*** Opening Provided material ***

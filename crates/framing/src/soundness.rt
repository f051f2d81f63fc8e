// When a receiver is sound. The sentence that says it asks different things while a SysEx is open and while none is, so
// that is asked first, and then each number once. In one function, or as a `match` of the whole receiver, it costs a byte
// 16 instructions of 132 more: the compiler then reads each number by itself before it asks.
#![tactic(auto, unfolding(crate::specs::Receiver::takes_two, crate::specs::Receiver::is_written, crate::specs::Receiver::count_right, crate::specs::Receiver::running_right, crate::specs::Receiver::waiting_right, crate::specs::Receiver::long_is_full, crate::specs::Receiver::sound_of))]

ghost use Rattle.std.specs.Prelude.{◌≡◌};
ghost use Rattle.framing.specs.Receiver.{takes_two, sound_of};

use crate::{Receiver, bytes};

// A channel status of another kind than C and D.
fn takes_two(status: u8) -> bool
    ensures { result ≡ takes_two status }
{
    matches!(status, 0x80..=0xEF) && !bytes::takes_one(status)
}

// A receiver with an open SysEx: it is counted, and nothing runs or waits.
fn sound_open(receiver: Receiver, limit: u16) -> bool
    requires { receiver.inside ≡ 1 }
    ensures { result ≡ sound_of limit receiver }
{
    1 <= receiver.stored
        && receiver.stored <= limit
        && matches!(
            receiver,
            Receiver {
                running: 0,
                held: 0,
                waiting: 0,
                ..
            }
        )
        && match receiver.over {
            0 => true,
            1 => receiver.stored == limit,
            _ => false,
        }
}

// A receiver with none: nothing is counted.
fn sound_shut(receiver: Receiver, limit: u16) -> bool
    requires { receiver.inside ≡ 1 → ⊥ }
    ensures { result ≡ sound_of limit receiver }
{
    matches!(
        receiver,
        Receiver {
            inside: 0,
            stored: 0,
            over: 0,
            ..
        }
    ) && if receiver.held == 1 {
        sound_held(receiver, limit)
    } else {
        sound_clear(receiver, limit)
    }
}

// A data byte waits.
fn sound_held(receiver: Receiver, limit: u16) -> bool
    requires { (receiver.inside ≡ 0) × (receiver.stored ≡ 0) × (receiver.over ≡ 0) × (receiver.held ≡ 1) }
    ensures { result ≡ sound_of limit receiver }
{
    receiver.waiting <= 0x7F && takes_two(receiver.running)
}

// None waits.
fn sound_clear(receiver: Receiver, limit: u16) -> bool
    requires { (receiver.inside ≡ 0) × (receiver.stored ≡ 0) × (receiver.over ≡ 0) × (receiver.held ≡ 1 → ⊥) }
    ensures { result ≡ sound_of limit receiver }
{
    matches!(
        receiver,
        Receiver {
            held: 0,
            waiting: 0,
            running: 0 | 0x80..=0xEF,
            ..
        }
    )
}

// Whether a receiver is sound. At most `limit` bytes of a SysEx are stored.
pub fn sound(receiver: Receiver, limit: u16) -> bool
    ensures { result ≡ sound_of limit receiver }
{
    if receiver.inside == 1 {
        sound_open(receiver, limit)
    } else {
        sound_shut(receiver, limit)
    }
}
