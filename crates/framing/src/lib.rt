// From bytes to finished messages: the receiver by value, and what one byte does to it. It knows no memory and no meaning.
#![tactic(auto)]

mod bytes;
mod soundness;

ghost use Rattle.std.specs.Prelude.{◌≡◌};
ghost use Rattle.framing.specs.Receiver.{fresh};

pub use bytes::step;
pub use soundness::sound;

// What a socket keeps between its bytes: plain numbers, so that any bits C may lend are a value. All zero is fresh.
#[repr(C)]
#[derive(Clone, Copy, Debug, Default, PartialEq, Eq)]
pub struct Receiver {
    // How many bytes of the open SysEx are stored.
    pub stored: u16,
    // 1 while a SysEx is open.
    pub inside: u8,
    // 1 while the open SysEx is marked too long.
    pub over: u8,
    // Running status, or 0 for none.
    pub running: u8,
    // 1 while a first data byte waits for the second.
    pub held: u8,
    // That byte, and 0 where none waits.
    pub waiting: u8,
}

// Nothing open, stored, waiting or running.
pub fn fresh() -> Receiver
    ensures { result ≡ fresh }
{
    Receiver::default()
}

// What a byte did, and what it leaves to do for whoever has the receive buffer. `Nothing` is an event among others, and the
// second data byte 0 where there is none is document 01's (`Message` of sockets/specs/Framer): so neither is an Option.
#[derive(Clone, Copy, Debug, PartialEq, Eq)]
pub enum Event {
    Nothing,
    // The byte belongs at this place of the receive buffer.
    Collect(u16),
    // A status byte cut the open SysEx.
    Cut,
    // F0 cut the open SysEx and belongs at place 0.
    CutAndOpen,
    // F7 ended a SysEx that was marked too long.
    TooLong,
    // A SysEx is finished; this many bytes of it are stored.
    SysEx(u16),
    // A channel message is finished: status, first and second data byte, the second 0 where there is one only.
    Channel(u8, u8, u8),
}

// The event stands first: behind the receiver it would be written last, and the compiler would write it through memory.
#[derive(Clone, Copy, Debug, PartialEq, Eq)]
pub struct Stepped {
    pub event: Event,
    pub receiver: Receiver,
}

*** Closing Provided material ***

Instructions to follow> Only an exact retyping of the full data will do.

Exercise result>
filename crates/framing/src/soundness.rt
repository f051f2d81f63fc8e
// When a receiver is sound. The sentence that says it asks different things while a SysEx is open and while none is, so
// that is asked first, and then each number once. In one function, or as a `match` of the whole receiver, it costs a byte
// 16 instructions of 132 more: the compiler then reads each number by itself before it asks.
#![tactic(auto, unfolding(crate::specs::Receiver::takes_two, crate::specs::Receiver::is_written, crate::specs::Receiver::count_right, crate::specs::Receiver::running_right, crate::specs::Receiver::waiting_right, crate::specs::Receiver::long_is_full, crate::specs::Receiver::sound_of))]

ghost use Rattle.std.specs.Prelude.{◌≡◌};
ghost use Rattle.framing.specs.Receiver.{takes_two, sound_of};

use crate::{Receiver, bytes};

// A channel status of another kind than C and D.
fn takes_two(status: u8) -> bool
    ensures { result ≡ takes_two status }
{
    matches!(status, 0x80..=0xEF) && !bytes::takes_one(status)
}

// A receiver with an open SysEx: it is counted, and nothing runs or waits.
fn sound_open(receiver: Receiver, limit: u16) -> bool
    requires { receiver.inside ≡ 1 }
    ensures { result ≡ sound_of limit receiver }
{
    1 <= receiver.stored
        && receiver.stored <= limit
        && matches!(
            receiver,
            Receiver {
                running: 0,
                held: 0,
                waiting: 0,
                ..
            }
        )
        && match receiver.over {
            0 => true,
            1 => receiver.stored == limit,
            _ => false,
        }
}

// A receiver with none: nothing is counted.
fn sound_shut(receiver: Receiver, limit: u16) -> bool
    requires { receiver.inside ≡ 1 → ⊥ }
    ensures { result ≡ sound_of limit receiver }
{
    matches!(
        receiver,
        Receiver {
            inside: 0,
            stored: 0,
            over: 0,
            ..
        }
    ) && if receiver.held == 1 {
        sound_held(receiver, limit)
    } else {
        sound_clear(receiver, limit)
    }
}

// A data byte waits.
fn sound_held(receiver: Receiver, limit: u16) -> bool
    requires { (receiver.inside ≡ 0) × (receiver.stored ≡ 0) × (receiver.over ≡ 0) × (receiver.held ≡ 1) }
    ensures { result ≡ sound_of limit receiver }
{
    receiver.waiting <= 0x7F && takes_two(receiver.running)
}

// None waits.
fn sound_clear(receiver: Receiver, limit: u16) -> bool
    requires { (receiver.inside ≡ 0) × (receiver.stored ≡ 0) × (receiver.over ≡ 0) × (receiver.held ≡ 1 → ⊥) }
    ensures { result ≡ sound_of limit receiver }
{
    matches!(
        receiver,
        Receiver {
            held: 0,
            waiting: 0,
            running: 0 | 0x80..=0xEF,
            ..
        }
    )
}

// Whether a receiver is sound. At most `limit` bytes of a SysEx are stored.
pub fn sound(receiver: Receiver, limit: u16) -> bool
    ensures { result ≡ sound_of limit receiver }
{
    if receiver.inside == 1 {
        sound_open(receiver, limit)
    } else {
        sound_shut(receiver, limit)
    }
}
filename crates/framing/src/lib.rt
// From bytes to finished messages: the receiver by value, and what one byte does to it. It knows no memory and no meaning.
#![tactic(auto)]

mod bytes;
mod soundness;

ghost use Rattle.std.specs.Prelude.{◌≡◌};
ghost use Rattle.framing.specs.Receiver.{fresh};

pub use bytes::step;
pub use soundness::sound;

// What a socket keeps between its bytes: plain numbers, so that any bits C may lend are a value. All zero is fresh.
#[repr(C)]
#[derive(Clone, Copy, Debug, Default, PartialEq, Eq)]
pub struct Receiver {
    // How many bytes of the open SysEx are stored.
    pub stored: u16,
    // 1 while a SysEx is open.
    pub inside: u8,
    // 1 while the open SysEx is marked too long.
    pub over: u8,
    // Running status, or 0 for none.
    pub running: u8,
    // 1 while a first data byte waits for the second.
    pub held: u8,
    // That byte, and 0 where none waits.
    pub waiting: u8,
}

// Nothing open, stored, waiting or running.
pub fn fresh() -> Receiver
    ensures { result ≡ fresh }
{
    Receiver::default()
}

// What a byte did, and what it leaves to do for whoever has the receive buffer. `Nothing` is an event among others, and the
// second data byte 0 where there is none is document 01's (`Message` of sockets/specs/Framer): so neither is an Option.
#[derive(Clone, Copy, Debug, PartialEq, Eq)]
pub enum Event {
    Nothing,
    // The byte belongs at this place of the receive buffer.
    Collect(u16),
    // A status byte cut the open SysEx.
    Cut,
    // F0 cut the open SysEx and belongs at place 0.
    CutAndOpen,
    // F7 ended a SysEx that was marked too long.
    TooLong,
    // A SysEx is finished; this many bytes of it are stored.
    SysEx(u16),
    // A channel message is finished: status, first and second data byte, the second 0 where there is one only.
    Channel(u8, u8, u8),
}

// The event stands first: behind the receiver it would be written last, and the compiler would write it through memory.
#[derive(Clone, Copy, Debug, PartialEq, Eq)]
pub struct Stepped {
    pub event: Event,
    pub receiver: Receiver,
}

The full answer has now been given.